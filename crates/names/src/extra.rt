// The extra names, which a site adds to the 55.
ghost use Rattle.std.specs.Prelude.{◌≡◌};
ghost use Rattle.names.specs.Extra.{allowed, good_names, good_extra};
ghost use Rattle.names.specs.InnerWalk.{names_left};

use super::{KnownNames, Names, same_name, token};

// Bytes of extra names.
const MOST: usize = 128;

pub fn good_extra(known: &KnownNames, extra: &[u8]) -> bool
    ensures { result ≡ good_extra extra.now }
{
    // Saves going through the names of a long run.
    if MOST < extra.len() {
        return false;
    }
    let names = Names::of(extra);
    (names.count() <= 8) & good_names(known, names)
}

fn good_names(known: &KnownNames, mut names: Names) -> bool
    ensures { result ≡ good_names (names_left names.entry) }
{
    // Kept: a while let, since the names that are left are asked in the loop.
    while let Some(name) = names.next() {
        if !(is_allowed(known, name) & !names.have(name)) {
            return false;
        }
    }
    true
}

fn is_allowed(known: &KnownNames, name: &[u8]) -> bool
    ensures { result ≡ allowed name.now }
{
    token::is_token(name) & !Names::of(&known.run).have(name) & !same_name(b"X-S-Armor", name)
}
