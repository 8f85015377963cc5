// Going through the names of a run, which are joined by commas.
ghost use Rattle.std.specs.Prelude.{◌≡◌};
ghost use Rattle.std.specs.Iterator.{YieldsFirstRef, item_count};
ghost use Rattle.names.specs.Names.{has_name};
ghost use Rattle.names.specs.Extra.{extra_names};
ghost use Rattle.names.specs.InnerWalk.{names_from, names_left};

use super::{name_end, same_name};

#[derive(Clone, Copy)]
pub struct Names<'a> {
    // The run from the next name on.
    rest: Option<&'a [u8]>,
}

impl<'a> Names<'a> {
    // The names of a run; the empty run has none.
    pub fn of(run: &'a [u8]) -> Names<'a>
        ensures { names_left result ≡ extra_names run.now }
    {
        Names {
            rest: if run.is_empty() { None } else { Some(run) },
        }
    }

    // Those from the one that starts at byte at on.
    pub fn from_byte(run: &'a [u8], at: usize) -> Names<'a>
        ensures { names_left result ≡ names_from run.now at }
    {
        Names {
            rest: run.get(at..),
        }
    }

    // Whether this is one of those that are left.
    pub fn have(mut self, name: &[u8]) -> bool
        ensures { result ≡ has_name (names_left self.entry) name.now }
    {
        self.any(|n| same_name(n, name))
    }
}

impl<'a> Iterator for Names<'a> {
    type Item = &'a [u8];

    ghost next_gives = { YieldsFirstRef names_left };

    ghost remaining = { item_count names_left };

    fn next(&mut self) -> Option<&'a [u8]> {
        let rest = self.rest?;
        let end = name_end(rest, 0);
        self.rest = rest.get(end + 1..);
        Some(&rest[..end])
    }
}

* * * * * * * * *

Problem:
For the listing above, identify each line bearing "bool".

Exercise answer:
pub fn good_extra(known: &KnownNames, extra: &[u8]) -> bool
fn good_names(known: &KnownNames, mut names: Names) -> bool
fn is_allowed(known: &KnownNames, name: &[u8]) -> bool
    pub fn have(mut self, name: &[u8]) -> bool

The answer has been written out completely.